一种将sql转换为json的有效方法答案

【问题标题】：An efficient way to convert sql to json一种将sql转换为json的有效方法
【发布时间】：2014-06-11 06:41:22
【问题描述】：

您好，我有一个大约有 1000000 行的数据库。因为我想使用 mongodb，所以我编写了以下代码将其转换为 json，但这需要很多时间。还有其他方法可以解决这个问题吗？

import psycopg2
import json
con = psycopg2.connect(database)
cur = con.cursor()
sql="select * from mini; "
cur.execute(sql) 
rows=cur.fetchall()
json_string=[]
for sample in rows:
    #print(sample)
    dicti={"label1":sample[0],"label2":sample[1],"label3":sample[2]}
    #print(json.dumps(dicti))
    json_string.append(dicti)
f=open('xyz.txt','w')
print >>f,json_string
f.close()

这里label1,label2,label3是sql的列名，如果有帮助的话。

【问题讨论】：

您是否尝试通过首先评论 rows=cur.fetchall() 之后的所有内容（测量获取部分），然后仅评论 f=open('xyz.txt','w')（获取 + 处理）来查看哪个部分长。反正你会消耗很多内存...
我认为时间主要是由于 cur.fetchall() 因为数据是巨大的

标签： python sql json

【解决方案1】：

您正在为每一行创建一个字典，然后将其转换为字符串。跳过转换并手动创建 json。我用 timeit 模块测试了几种方法：

使用 str.format：

>>> '{{"label1": {0}, "label2": {1}, "label3": {2}}}'.format('1','2','3')
>>> timeit.timeit("""'{{"label1": {0}, "label2": {1}, "label3": {2}}}'.format('1','2','3')""")
1.3898658752441406

将字符串加在一起：

>>> '{"label1": ' + '1' + ', "label2": ' + '2' + ', "label3": ' + '3' + '}'
>>> timeit.timeit("""'{"label1": ' + '1' + ', "label2": ' + '2' + ', "label3": ' + '3' + '}'""")
0.506464958190918

创建字典：

>>> str({"label1": '1', "label2": '2', "label3": '3'})
>>> timeit.timeit(""" str({"label1": '1', "label2": '2', "label3": '3'}) """)
4.776309013366699

还有其他可能如何创建 json。

【讨论】：

【解决方案2】：

使用DictCursor 要简单得多，它将从您的数据库中返回字典：

import psycopg2
import json

cur = conn.cursor(cursor_factory=psycopg2.extras.DictCursor)
rows = cur.execute('SELECT * FROM mini')
with open('xyz.txt', 'w') as f:
    for row in rows:
        f.write('{}\n'.format(json.dumps(row)))

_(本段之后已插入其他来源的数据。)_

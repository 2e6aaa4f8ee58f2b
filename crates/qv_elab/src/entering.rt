//! What an expression does at its beginning.

ghost use Rattle.std.specs.Prelude.{◌≡◌, ◌<◌, ℕ, IfOk, Result};
ghost use Rattle.qv_sexpr.specs.Items.{IsExpr};
ghost use Rattle.qv_store.specs.Stores.{Grows};
ghost use Rattle.qv_elab_frames.specs.declared.elaborator.Next.TheVariants.{Read};
ghost use Rattle.qv_elab_defs.specs.Faults.{Fault};
ghost use Rattle.qv_elab_defs.specs.Scopes.{Scope as Defs};
ghost use Rattle.qv_elab_defs.specs.Beginnings.{Begins, beginning, list_beginning};
ghost use Rattle.qv_elab_defs.specs.Shapes.{Indexed};
ghost use Rattle.qv_elab_items.specs.Listed.{meant};
ghost use Rattle.qv_elab_defs.specs.Looking.{Seen};
ghost use Rattle.qv_elab_scope.specs.Kept.{IsScopeIn};
ghost use Rattle.qv_elab_frames.specs.Loop.{state_of, source, IsPossible, IsReading, IsInList};
ghost use Rattle.qv_elab_frames.specs.Loop.{IsNext, IsListAt, steps_left};

use qv_elab_defs::{ElabFault, ElabKind};
use qv_elab_frames::{Elaborator, Next};
use qv_elab_items::{Shape, behind, indexed_literal, part, shape_of, text_of};
use qv_elab_scope::{Scope, leaf, put_written};
use qv_sexpr::{Expr, ItemKind};
use qv_store::Store;

/// An expression is entered.
pub(crate) fn enter(
    elaborator: &mut Elaborator,
    store: &mut Store,
    scope: &Scope,
    expr: &Expr,
    at: u64,
) -> Result<Next, ElabFault>
    requires expr { IsExpr expr.now }
    requires reading { IsPossible (λ defs end given.
        IsScopeIn store.old scope.now defs
        × IsReading (source expr.now end defs) store.old (state_of elaborator.old) at given) }
    ensures next { (defs : Defs) (end : ℕ) (given : Result Seen Fault) →
        IsScopeIn store.old scope.now defs →
        IsReading (source expr.now end defs) store.old (state_of elaborator.old) at given →
        IsNext (source expr.now end defs) store.new (state_of elaborator.new) given result }
    ensures begins { (defs : Defs) (end : ℕ) (given : Result Seen Fault) →
        IsScopeIn store.old scope.now defs →
        (h : IsReading (source expr.now end defs) store.old (state_of elaborator.old) at given) →
        Begins (beginning h.expr h.c) result }
    ensures fewer { IfOk result
        (λ next. steps_left expr.now next < steps_left expr.now (Read at)) }
    ensures grows { Grows store.old store.new }
{
    let item = &expr.items[at as usize];
    match item.kind {
        ItemKind::Open { close } => enter_list(elaborator, store, scope, expr, at, close),
        ItemKind::Atom(kind) => {
            let text = text_of(&expr.text, item).unwrap();
            let id = leaf(
                elaborator.alloc,
                store,
                scope,
                &elaborator.bound,
                elaborator.binders,
                item.place,
                kind,
                text,
            )?;
            Ok(Next::Made { id, at: at + 1 })
        }
        ItemKind::Close => unreachable!(),
    }
}

/// A list is entered, which is closed at an item.
fn enter_list(
    elaborator: &mut Elaborator,
    store: &mut Store,
    scope: &Scope,
    expr: &Expr,
    at: u64,
    close: u64,
) -> Result<Next, ElabFault>
    requires reading { IsPossible (λ defs end given.
        IsScopeIn store.old scope.now defs
        × IsReading (source expr.now end defs) store.old (state_of elaborator.old) at given) }
    requires expr { IsExpr expr.now }
    requires list { IsListAt expr.now at close }
    ensures next { (defs : Defs) (end : ℕ) (given : Result Seen Fault) →
        IsScopeIn store.old scope.now defs →
        IsReading (source expr.now end defs) store.old (state_of elaborator.old) at given →
        IsNext (source expr.now end defs) store.new (state_of elaborator.new) given result }
    ensures begins { (defs : Defs) (end : ℕ) (given : Result Seen Fault) →
        IsScopeIn store.old scope.now defs →
        (h : IsReading (source expr.now end defs) store.old (state_of elaborator.old) at given) →
        Begins (beginning h.expr h.c) result }
    ensures fewer { IfOk result
        (λ next. steps_left expr.now next < steps_left expr.now (Read at)) }
    ensures grows { Grows store.old store.new }
{
    let place = expr.items[at as usize].place;
    if at + 1 == close {
        return Err(ElabFault::At {
            place,
            kind: ElabKind::Form,
        });
    }
    let shape = shape_of(&expr.text, &expr.items[at as usize + 1]);
    enter_shape(elaborator, store, scope, expr, place, at, close, shape)
}

/// A list of a shape is entered.
fn enter_shape(
    elaborator: &mut Elaborator,
    store: &mut Store,
    scope: &Scope,
    expr: &Expr,
    place: u64,
    at: u64,
    close: u64,
    shape: Shape,
) -> Result<Next, ElabFault>
    requires expr { IsExpr expr.now }
    requires list { IsPossible (λ defs end given.
        IsScopeIn store.old scope.now defs
        × IsInList (source expr.now end defs) store.old (state_of elaborator.old) at close place
        (meant shape) given) }
    ensures next { (defs : Defs) (end : ℕ) (given : Result Seen Fault) →
        IsScopeIn store.old scope.now defs →
        IsInList (source expr.now end defs) store.old (state_of elaborator.old) at close place
        (meant shape) given →
        IsNext (source expr.now end defs) store.new (state_of elaborator.new) given result }
    ensures begins { (defs : Defs) (end : ℕ) (given : Result Seen Fault) →
        IsScopeIn store.old scope.now defs →
        (h : IsInList (source expr.now end defs) store.old (state_of elaborator.old) at close place
        (meant shape) given) →
        Begins (list_beginning (meant shape) place h.first h.rest defs) result }
    ensures fewer { IfOk result
        (λ next. steps_left expr.now next < steps_left expr.now (Read at)) }
    ensures grows { Grows store.old store.new }
{
    match shape {
        Shape::Let => elaborator.enter_let(store, scope, expr, place, at, close),
        Shape::Universal => elaborator.enter_quantifier(store, scope, expr, place, at, close, true),
        Shape::Existential => elaborator.enter_quantifier(
            store, scope, expr, place, at, close, false,
        ),
        Shape::Annotated => elaborator.enter_annotated(store, scope, expr, place, at, close),
        Shape::Indexed => enter_indexed(elaborator, store, scope, expr, place, at, close),
        Shape::Application => elaborator.enter_application(store, scope, expr, place, at, close),
        Shape::Qualified | Shape::Unsupported => Err(ElabFault::At {
            place,
            kind: ElabKind::NotSupported,
        }),
    }
}

/// A literal of a value and a width.
fn enter_indexed(
    elaborator: &mut Elaborator,
    store: &mut Store,
    scope: &Scope,
    expr: &Expr,
    place: u64,
    at: u64,
    close: u64,
) -> Result<Next, ElabFault>
    requires expr { IsExpr expr.now }
    requires list { IsPossible (λ defs end given.
        IsScopeIn store.old scope.now defs
        × IsInList (source expr.now end defs) store.old (state_of elaborator.old) at close place
        (Indexed) given) }
    ensures next { (defs : Defs) (end : ℕ) (given : Result Seen Fault) →
        IsScopeIn store.old scope.now defs →
        IsInList (source expr.now end defs) store.old (state_of elaborator.old) at close place
        (Indexed) given →
        IsNext (source expr.now end defs) store.new (state_of elaborator.new) given result }
    ensures begins { (defs : Defs) (end : ℕ) (given : Result Seen Fault) →
        IsScopeIn store.old scope.now defs →
        (h : IsInList (source expr.now end defs) store.old (state_of elaborator.old) at close place
        (Indexed) given) →
        Begins (list_beginning (Indexed) place h.first h.rest defs) result }
    ensures fewer { IfOk result
        (λ next. steps_left expr.now next < steps_left expr.now (Read at)) }
    ensures grows { Grows store.old store.new }
{
    let second = behind(&expr.items, at as usize + 1);
    let others = part(&expr.items, second, close as usize);
    let id = put_written(store, indexed_literal(place, &expr.text, others))?;
    Ok(Next::Made { id, at: close + 1 })
}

要将整个数据集转储为一个大型 json 对象，请改为：

cur = conn.cursor(cursor_factory=psycopg2.extras.DictCursor)
rows = cur.execute('SELECT * FROM mini')
dataset = list(rows)
with open('xyz.txt', 'w') as f:
   json.dump(dataset, f)

【讨论】：

但是我想要一个我没有通过这种方法得到的字典列表

【解决方案3】：

如果提取部分是花费大部分时间的地方，那可能是因为您需要大量内存并且系统必须进行多次重新分配，或者更糟糕的是交换。您可以尝试使用具有合理大小的 fetchmany 而不是 fetchall，并且（相同）按块写入磁盘。

所以你会有类似的东西：

import psycopg2
import json
con = psycopg2.connect(database)
cur = con.cursor()
sql="select * from mini; "
cur.execute(sql)
size = 256 # find a 'good' size
with open('xyz.txt', 'w') as f:
    while True:
        rows=curs.fetchmany(size)
        if len(rows) == 0:
            break
        json_string=[]
        for sample in rows:
            #print(sample)
            dicti={"label1":sample[0],"label2":sample[1],"label3":sample[2]}
            #print(json.dumps(dicti))
            json_string.append(dicti)
        print >>f,json_string

【讨论】：

嗯，它实际上加倍了时间

【解决方案4】：

这应该可行：

cur = conn.cursor(cursor_factory=psycopg2.extras.DictCursor)
sql = "SELECT row_to_json(row) FROM (select * from mini) row;"
cur.execute(sql)
result = cur.fetchone()
result[0]
# -> [{'col1':'val1', 'col2':'val2', ...}]

【讨论】：